| What you need to do |
Give the count of lines in the records that contain the string "beginning", and write nothing but that number.

[Dataset entries]
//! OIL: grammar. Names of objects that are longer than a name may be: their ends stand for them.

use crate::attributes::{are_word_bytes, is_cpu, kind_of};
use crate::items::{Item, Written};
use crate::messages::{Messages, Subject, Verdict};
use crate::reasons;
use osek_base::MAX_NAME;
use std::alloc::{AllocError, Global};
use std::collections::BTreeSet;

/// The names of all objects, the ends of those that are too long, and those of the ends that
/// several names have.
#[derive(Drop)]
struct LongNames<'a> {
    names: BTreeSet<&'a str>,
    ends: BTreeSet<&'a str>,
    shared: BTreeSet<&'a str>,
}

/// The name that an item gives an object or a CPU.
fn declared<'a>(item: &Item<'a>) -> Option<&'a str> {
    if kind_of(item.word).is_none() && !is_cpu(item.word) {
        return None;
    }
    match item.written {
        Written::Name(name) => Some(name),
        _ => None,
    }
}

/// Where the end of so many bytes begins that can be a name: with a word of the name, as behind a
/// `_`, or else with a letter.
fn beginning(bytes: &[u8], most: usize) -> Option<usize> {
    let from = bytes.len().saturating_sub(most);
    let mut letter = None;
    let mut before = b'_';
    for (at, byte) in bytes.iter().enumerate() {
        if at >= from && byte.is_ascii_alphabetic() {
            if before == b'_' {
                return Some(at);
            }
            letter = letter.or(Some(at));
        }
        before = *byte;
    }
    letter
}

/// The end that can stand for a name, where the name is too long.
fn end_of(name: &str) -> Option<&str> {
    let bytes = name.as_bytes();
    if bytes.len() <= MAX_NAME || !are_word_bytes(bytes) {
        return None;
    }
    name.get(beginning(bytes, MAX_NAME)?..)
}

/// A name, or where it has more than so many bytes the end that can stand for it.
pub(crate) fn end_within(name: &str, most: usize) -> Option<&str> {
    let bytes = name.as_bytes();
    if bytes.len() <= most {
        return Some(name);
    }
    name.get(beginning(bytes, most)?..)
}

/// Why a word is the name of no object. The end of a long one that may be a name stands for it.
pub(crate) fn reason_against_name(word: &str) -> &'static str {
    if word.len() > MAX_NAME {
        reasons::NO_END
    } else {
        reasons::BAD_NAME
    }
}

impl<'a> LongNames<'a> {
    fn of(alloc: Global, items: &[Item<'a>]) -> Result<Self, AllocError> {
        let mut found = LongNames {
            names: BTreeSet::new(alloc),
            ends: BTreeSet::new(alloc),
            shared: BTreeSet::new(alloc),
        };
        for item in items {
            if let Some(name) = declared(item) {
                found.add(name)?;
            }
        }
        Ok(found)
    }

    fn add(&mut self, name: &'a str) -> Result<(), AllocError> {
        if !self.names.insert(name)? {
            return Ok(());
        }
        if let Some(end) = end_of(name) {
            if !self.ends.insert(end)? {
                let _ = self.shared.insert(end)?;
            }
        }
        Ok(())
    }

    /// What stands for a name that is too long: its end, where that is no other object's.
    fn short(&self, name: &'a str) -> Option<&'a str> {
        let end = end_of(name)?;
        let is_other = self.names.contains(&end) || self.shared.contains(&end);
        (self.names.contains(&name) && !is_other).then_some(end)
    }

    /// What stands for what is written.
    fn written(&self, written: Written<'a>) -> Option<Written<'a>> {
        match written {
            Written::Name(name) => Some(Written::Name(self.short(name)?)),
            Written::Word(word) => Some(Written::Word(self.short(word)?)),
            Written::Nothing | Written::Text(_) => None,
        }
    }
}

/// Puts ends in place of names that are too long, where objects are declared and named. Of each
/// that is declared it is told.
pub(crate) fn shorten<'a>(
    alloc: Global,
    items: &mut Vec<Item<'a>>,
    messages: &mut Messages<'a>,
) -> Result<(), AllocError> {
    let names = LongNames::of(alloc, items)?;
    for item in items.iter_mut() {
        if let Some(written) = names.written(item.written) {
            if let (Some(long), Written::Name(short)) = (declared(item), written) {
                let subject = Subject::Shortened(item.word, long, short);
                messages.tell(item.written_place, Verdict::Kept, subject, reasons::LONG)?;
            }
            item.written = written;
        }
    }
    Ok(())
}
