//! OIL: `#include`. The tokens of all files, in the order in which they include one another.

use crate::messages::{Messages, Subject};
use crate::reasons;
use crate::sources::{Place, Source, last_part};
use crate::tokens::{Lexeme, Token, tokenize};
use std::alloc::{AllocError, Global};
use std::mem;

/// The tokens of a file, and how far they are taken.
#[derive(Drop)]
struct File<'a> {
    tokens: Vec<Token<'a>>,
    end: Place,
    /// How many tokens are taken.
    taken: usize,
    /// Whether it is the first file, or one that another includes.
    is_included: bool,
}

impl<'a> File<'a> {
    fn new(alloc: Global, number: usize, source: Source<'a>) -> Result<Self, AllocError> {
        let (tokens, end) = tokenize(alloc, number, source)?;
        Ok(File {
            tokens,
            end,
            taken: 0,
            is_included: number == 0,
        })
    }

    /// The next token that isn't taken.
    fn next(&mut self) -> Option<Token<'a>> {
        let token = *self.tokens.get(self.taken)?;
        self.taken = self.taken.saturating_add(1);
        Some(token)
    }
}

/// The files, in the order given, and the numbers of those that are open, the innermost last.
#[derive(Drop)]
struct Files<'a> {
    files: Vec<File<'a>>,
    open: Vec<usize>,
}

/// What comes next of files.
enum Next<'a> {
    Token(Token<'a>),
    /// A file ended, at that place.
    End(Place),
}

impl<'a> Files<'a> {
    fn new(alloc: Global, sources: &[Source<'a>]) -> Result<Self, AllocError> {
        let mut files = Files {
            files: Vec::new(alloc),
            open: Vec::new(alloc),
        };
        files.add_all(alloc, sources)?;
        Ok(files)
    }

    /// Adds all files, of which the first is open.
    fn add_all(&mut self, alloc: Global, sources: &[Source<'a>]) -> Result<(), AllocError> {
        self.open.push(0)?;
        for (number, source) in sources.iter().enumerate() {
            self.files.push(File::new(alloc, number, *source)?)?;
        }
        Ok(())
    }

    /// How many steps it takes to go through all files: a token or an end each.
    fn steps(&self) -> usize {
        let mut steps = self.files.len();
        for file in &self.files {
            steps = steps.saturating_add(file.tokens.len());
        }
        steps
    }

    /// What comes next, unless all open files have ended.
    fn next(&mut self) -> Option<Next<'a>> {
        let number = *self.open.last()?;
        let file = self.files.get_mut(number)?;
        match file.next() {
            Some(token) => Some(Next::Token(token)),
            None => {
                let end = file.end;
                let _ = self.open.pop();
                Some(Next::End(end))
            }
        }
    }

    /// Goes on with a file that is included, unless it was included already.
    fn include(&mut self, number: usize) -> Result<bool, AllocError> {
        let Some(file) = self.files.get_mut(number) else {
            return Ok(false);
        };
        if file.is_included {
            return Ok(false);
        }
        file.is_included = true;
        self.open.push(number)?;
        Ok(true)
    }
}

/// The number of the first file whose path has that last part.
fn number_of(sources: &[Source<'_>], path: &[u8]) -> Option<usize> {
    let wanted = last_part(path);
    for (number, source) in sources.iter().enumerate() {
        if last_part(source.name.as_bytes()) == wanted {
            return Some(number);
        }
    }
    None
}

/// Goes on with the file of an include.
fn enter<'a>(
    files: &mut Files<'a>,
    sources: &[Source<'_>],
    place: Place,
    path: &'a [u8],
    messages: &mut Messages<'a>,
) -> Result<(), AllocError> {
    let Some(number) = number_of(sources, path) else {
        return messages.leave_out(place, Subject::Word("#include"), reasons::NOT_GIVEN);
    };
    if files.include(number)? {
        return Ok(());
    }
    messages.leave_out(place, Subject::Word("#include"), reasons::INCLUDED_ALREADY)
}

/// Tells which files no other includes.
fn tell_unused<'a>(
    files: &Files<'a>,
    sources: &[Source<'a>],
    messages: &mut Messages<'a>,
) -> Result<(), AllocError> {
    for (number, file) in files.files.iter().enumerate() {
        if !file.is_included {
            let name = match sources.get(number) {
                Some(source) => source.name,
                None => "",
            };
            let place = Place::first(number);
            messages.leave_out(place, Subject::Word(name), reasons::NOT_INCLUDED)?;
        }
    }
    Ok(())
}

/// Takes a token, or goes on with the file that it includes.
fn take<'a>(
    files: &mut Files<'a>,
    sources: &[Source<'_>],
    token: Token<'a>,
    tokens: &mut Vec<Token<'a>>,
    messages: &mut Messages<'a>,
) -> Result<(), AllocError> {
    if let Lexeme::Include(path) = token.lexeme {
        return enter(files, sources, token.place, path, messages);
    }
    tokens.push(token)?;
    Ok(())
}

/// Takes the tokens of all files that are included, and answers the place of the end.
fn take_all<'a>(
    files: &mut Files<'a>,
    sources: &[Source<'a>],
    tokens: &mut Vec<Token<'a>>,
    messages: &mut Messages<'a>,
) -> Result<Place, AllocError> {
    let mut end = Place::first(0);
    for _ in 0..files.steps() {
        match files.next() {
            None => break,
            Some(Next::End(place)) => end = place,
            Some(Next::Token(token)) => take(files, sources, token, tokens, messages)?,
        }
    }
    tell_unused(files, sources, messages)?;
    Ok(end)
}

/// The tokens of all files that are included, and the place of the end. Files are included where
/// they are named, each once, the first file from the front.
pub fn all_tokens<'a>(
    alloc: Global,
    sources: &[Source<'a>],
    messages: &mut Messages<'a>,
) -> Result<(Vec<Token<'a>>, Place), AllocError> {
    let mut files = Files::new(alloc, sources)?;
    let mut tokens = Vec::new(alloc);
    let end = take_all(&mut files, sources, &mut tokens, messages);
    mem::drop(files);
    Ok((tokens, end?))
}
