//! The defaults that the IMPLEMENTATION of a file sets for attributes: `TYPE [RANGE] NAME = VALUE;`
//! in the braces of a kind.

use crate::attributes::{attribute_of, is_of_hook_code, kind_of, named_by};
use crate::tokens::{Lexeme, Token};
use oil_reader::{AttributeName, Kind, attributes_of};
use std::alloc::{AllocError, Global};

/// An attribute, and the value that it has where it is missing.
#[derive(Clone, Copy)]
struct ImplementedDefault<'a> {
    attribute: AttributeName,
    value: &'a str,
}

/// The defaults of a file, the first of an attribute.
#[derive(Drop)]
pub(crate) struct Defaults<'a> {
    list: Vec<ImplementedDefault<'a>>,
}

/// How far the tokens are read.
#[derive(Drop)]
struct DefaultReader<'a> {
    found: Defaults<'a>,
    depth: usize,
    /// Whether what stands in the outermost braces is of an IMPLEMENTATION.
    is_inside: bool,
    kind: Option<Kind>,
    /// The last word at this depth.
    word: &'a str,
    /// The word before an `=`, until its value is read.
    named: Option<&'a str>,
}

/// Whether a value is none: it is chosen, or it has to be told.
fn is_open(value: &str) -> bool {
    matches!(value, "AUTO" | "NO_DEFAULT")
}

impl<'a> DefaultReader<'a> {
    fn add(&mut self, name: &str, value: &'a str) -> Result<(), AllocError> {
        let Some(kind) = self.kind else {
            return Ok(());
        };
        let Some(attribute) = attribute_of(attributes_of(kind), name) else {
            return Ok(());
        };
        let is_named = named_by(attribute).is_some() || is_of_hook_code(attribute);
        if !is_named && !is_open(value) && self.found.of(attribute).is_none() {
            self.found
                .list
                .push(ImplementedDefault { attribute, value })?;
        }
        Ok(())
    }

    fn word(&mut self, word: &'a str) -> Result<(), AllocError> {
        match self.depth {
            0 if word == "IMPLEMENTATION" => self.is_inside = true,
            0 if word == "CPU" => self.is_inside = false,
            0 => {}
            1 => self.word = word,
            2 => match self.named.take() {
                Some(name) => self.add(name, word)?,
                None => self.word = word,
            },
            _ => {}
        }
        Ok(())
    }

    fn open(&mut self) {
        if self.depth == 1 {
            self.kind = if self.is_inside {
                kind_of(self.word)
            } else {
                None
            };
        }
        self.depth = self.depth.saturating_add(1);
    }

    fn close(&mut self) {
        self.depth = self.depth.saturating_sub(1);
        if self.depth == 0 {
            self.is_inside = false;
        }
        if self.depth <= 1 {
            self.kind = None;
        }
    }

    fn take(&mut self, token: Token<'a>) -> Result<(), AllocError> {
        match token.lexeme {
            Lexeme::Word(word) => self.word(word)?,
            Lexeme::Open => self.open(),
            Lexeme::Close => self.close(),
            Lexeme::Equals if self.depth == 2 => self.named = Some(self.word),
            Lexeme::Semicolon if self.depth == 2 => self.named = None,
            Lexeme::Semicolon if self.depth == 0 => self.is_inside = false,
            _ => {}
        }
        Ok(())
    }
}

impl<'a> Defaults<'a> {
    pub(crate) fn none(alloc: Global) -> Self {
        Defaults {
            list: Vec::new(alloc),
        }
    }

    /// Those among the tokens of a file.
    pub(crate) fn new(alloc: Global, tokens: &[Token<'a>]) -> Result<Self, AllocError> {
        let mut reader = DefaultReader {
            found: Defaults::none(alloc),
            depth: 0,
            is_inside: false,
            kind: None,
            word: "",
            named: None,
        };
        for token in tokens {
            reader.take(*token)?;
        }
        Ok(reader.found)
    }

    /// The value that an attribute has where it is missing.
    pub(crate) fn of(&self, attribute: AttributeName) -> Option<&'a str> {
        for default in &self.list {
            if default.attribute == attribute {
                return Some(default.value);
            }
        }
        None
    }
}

| Answer box |
3